The best way I can describe experiencing infinity is that I repeated endless cycles of the same thoughts. Over and over and over again. And time in real time was slower than time in my head. So I could think the same thoughts many hundreds of times, coming back full circle. And of course, while I'm thinking these thoughts many times, I appear to be totally out of it to others, but truly, I was experiencing Physics.

Anyway, on some nth iteration, suddenly, my internal bulb glowed. I was experiencing infinity. Aah. And even as I thought that, the idea that I was experiencing infinity became a part of my infinite fabric, repeating itself. I would rediscover infinity, infinite times after I first had the thought. So much so that I could not identify, untill sober later, whether I had originally grasped the idea, or if it ocurred midway during one of the iterations. Some other things layered on, but to add another thought layer to a cyclical pattern of the same thoughts infinite times took a lot of effort. Each time I went through any single thought, or cycle of thoughts, I would feel as though I have just thought this so many times just recently. Indeed, just now. It's like holding up two mirrors on either side of a deja vu. It's deja vu times infinity. Each time.
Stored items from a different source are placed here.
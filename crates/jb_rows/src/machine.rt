//! What a byte does to a reader inside a record.

ghost use Rattle.std.specs.Prelude.{◌≡◌, ◌≤◌, ◌==◌, ◌&&◌, count_by, length, take};
ghost use Rattle.csv.specs.Machine as Csv;
ghost use Rattle.csv.specs.declared.parser.State.TheVariants as state;
ghost use Rattle.jb_rows.specs.Bytes.{csv_state, csv_turn, is_line_feed, marks_config};
ghost use Rattle.jb_rows.specs.TextLines.{ends_line};
ghost use Rattle.jb_rows.specs.Texts.{config_of};

use crate::input::Input;
use crate::rows_options::RowsOptions;

/// Where a reader is inside a record.
#[derive(Clone, Copy, Debug)]
pub(crate) enum Place {
    /// Before the first byte of a field.
    StartField,
    /// In a field without quotes.
    InField,
    /// Between quotes.
    InQuoted,
    /// After a quote that may be the last one.
    AfterQuote,
}

/// What a byte does.
#[derive(Clone, Copy, Debug)]
pub(crate) enum Turn {
    /// It is left out, and the reader is at this place.
    Skip(Place),
    /// It joins the field, and the reader is at this place.
    Copy(Place),
    /// It ends the field.
    EndField,
    /// It ends the record.
    EndRecord,
}

/// The bytes that have a meaning.
#[derive(Clone, Copy, Debug)]
pub(crate) struct Marks {
    /// Whether quotes have one.
    quoting: bool,
    /// The byte between fields.
    delimiter: u8,
}

/// Whether a byte ends a line.
pub(crate) fn ends_line(byte: u8) -> bool
    ensures { result ≡ ends_line byte }
{
    byte == b'\r' || byte == b'\n'
}

impl Marks {
    /// Those of a text that is read so.
    pub(crate) fn of(options: &RowsOptions) -> Marks
        ensures { marks_config result ≡ config_of options.now }
    {
        match options.input {
            Input::Csv => Marks {
                quoting: true,
                delimiter: options.delimiter,
            },
            Input::Lines => Marks {
                quoting: false,
                delimiter: 0,
            },
        }
    }

    /// Whether a byte is a quote that has a meaning.
    pub(crate) fn is_quote(&self, byte: u8) -> bool
        ensures { result ≡ (self.now.quoting && (byte == 34)) }
    {
        self.quoting && byte == b'"'
    }

    /// What a byte does in a field without quotes, or after a quote.
    pub(crate) fn in_field(&self, byte: u8) -> Turn
        ensures { csv_turn result byte ≡ Csv.in_field (marks_config self.now) byte }
    {
        if byte == self.delimiter {
            Turn::EndField
        } else if ends_line(byte) {
            Turn::EndRecord
        } else {
            Turn::Copy(Place::InField)
        }
    }

    /// What a byte does as the first of a field.
    fn start_field(&self, byte: u8) -> Turn
        ensures { csv_turn result byte ≡ Csv.start_field (marks_config self.now) byte }
    {
        if self.quoting && byte == b'"' {
            Turn::Skip(Place::InQuoted)
        } else {
            self.in_field(byte)
        }
    }

    /// What a byte does between quotes.
    fn in_quoted(&self, byte: u8) -> Turn
        ensures { csv_turn result byte ≡ Csv.step (marks_config self.now) state.InQuoted byte }
    {
        if self.quoting && byte == b'"' {
            Turn::Skip(Place::AfterQuote)
        } else {
            Turn::Copy(Place::InQuoted)
        }
    }

    /// What a byte does after a quote.
    fn after_quote(&self, byte: u8) -> Turn
        ensures { csv_turn result byte ≡ Csv.step (marks_config self.now) state.AfterQuote byte }
    {
        if self.quoting && byte == b'"' {
            Turn::Copy(Place::InQuoted)
        } else {
            self.in_field(byte)
        }
    }

    /// What a byte does at this place.
    pub(crate) fn turn(&self, place: Place, byte: u8) -> Turn
        ensures { csv_turn result byte ≡ Csv.step (marks_config self.now) (csv_state place) byte }
    {
        match place {
            Place::StartField => self.start_field(byte),
            Place::InField => self.in_field(byte),
            Place::InQuoted => self.in_quoted(byte),
            Place::AfterQuote => self.after_quote(byte),
        }
    }

    /// How many bytes at the front only join a field without quotes.
    pub(crate) fn plain_run(&self, bytes: &[u8]) -> usize
        ensures within { result ≤ length bytes.now }
        ensures runs { Csv.Runs (marks_config self.now) state.InField (take result bytes.now) }
        ensures lines { count_by is_line_feed (take result bytes.now) ≡ 0 }
    {
        for index in 0..bytes.len() {
            let byte = bytes[index];
            if byte == self.delimiter || ends_line(byte) {
                return index;
            }
        }
        bytes.len()
    }

    /// How many bytes at the front only join a field between quotes, and are no line feeds.
    fn quoted_run(&self, bytes: &[u8]) -> usize
        ensures within { result ≤ length bytes.now }
        ensures runs { Csv.Runs (marks_config self.now) state.InQuoted (take result bytes.now) }
        ensures lines { count_by is_line_feed (take result bytes.now) ≡ 0 }
    {
        for index in 0..bytes.len() {
            let byte = bytes[index];
            if byte == b'"' || byte == b'\n' {
                return index;
            }
        }
        bytes.len()
    }

    /// How many bytes at the front may be taken together, since each only joins the field. None of them is a line feed.
    pub(crate) fn run(&self, place: Place, bytes: &[u8]) -> usize
        ensures within { result ≤ length bytes.now }
        ensures runs { Csv.Runs (marks_config self.now) (csv_state place) (take result bytes.now) }
        ensures lines { count_by is_line_feed (take result bytes.now) ≡ 0 }
    {
        match place {
            Place::InField => self.plain_run(bytes),
            Place::InQuoted => self.quoted_run(bytes),
            Place::StartField | Place::AfterQuote => 0,
        }
    }
}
A very interesting experience. But essentially, I experienced infinity through the concept of an infinite cycle of the same series of thoughts. Chemically, my nerves were probably firing the same way over and over, and I would briefly forget till I felt it again, and then I would remember. I wrote my thoughts as and when I felt it, as many words as I could manage - my thoughts were quick - and looking back at them when sober, I saw myself repeating and repeating. Sometimes a changed word here, or a new thought there, but over and over, some 12 pages of repetition.

In the midst of this writing a poem emerged about Quantum Physics (as I intoxicatedly passed out of the infinity stage and started to visualize dimensions and differentials). I should dig up that poem - I promise it makes more sense than the Karama Generatrix!

Anyway, I also experienced infinite space. The feeling of being expanded. My entire being was no more contained within my body, but spread far and wide, to the ends of infinity. But this was less satisfying an experience, because rather than feeling the ends of infinity, I was only letting it go, as though I didn't care where my being ended or began. That my consciousness just was filling it all up, whatever that "all" was.

And now back to sobriety - I saw an interesting book once about how we learn. I photocopied some excerpts from it when I was given the book during Teaching Assistant training. Must dig that up too someday and review.

Didn't know that Code theory were visualized in vector subspace. Sounds totally out of my reach and sci-fi to me. To debunk the popular American expression, I respond, "It IS rocket science!"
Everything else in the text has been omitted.